▶ **Task description**:
Among the lines below, copy exactly those from the one with "write, for the" through the one with "6\nwrote 90b9c61d2318706c9668ce0b53d697aa2719b7b0 2\nlookups", counting both ends.

Dataset entries
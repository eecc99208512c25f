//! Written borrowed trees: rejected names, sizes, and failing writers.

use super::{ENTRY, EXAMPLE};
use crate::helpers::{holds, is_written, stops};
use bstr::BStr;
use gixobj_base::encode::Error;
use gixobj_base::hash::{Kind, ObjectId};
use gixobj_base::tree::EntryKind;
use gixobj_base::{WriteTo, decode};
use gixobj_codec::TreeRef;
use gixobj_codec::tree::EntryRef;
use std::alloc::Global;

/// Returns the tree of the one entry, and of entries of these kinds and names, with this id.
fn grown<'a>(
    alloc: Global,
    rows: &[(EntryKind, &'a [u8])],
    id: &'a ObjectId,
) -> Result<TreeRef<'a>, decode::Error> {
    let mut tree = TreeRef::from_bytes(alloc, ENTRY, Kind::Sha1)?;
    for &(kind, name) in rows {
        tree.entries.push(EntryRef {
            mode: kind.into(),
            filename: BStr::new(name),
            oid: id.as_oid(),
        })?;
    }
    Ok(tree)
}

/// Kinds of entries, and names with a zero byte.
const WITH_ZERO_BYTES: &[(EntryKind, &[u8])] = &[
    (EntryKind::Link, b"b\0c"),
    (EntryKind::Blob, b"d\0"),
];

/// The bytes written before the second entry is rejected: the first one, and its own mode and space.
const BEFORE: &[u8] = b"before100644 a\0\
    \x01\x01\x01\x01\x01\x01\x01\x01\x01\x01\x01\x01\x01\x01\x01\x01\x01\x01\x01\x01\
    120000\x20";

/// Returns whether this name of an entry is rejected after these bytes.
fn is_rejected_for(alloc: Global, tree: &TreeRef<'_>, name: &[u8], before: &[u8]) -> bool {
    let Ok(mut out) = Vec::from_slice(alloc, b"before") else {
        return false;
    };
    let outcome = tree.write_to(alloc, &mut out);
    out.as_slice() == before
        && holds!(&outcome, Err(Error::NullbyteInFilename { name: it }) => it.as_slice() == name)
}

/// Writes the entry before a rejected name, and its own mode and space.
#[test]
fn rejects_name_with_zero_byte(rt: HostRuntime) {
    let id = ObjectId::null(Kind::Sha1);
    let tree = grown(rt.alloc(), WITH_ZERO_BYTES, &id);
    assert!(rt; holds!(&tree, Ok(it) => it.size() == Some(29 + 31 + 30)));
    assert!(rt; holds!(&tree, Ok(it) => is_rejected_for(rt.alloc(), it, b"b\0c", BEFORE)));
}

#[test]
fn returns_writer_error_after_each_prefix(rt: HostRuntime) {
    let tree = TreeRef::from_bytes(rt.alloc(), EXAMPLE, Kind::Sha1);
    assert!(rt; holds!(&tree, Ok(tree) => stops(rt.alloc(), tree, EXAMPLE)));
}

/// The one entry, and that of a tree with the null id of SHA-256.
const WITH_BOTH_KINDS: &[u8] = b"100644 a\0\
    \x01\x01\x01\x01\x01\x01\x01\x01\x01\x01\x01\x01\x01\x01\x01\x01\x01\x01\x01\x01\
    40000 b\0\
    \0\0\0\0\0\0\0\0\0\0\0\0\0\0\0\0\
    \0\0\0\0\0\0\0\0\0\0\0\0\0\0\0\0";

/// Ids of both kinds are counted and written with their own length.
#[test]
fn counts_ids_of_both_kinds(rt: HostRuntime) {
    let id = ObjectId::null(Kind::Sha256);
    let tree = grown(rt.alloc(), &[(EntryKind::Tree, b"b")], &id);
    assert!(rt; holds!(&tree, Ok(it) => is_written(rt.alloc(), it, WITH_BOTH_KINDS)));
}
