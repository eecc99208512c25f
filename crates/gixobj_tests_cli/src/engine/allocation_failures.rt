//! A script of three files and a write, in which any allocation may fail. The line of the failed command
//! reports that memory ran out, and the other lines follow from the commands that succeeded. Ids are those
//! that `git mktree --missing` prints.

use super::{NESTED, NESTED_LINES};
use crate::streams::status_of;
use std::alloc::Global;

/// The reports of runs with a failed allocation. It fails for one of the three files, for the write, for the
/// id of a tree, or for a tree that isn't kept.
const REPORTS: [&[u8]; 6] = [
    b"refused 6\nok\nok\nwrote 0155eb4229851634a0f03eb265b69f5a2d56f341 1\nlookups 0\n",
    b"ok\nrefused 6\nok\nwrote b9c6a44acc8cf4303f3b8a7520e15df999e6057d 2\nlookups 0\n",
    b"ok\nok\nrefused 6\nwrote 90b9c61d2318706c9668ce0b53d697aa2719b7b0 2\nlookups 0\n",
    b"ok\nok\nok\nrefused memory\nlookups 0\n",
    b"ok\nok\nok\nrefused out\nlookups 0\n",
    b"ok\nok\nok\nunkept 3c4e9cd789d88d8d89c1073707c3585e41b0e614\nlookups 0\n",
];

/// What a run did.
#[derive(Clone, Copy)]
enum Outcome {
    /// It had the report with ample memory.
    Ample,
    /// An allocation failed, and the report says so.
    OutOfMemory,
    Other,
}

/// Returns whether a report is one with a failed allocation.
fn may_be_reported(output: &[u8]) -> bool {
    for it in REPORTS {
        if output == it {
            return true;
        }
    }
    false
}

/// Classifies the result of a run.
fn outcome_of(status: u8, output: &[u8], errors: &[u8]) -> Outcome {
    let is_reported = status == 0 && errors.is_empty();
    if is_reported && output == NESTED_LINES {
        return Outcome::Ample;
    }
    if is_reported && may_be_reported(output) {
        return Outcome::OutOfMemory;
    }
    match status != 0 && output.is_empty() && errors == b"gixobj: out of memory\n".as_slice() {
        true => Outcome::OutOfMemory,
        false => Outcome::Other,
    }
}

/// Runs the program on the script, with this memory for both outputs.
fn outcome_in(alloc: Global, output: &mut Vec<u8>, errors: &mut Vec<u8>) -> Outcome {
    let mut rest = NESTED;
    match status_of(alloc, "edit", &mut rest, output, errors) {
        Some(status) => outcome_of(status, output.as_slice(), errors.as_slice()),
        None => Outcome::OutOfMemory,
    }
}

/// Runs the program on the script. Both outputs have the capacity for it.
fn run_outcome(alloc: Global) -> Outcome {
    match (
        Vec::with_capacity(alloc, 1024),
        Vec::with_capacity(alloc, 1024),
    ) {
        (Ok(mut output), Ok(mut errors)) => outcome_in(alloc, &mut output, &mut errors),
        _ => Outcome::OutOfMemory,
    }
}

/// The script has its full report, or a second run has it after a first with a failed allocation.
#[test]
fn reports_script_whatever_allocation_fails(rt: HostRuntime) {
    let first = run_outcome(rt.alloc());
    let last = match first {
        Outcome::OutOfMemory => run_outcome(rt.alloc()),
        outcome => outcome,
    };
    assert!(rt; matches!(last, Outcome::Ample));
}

▶ **Solution to the problem**:
/// The reports of runs with a failed allocation. It fails for one of the three files, for the write, for the
/// id of a tree, or for a tree that isn't kept.
const REPORTS: [&[u8]; 6] = [
    b"refused 6\nok\nok\nwrote 0155eb4229851634a0f03eb265b69f5a2d56f341 1\nlookups 0\n",
    b"ok\nrefused 6\nok\nwrote b9c6a44acc8cf4303f3b8a7520e15df999e6057d 2\nlookups 0\n",
    b"ok\nok\nrefused 6\nwrote 90b9c61d2318706c9668ce0b53d697aa2719b7b0 2\nlookups 0\n",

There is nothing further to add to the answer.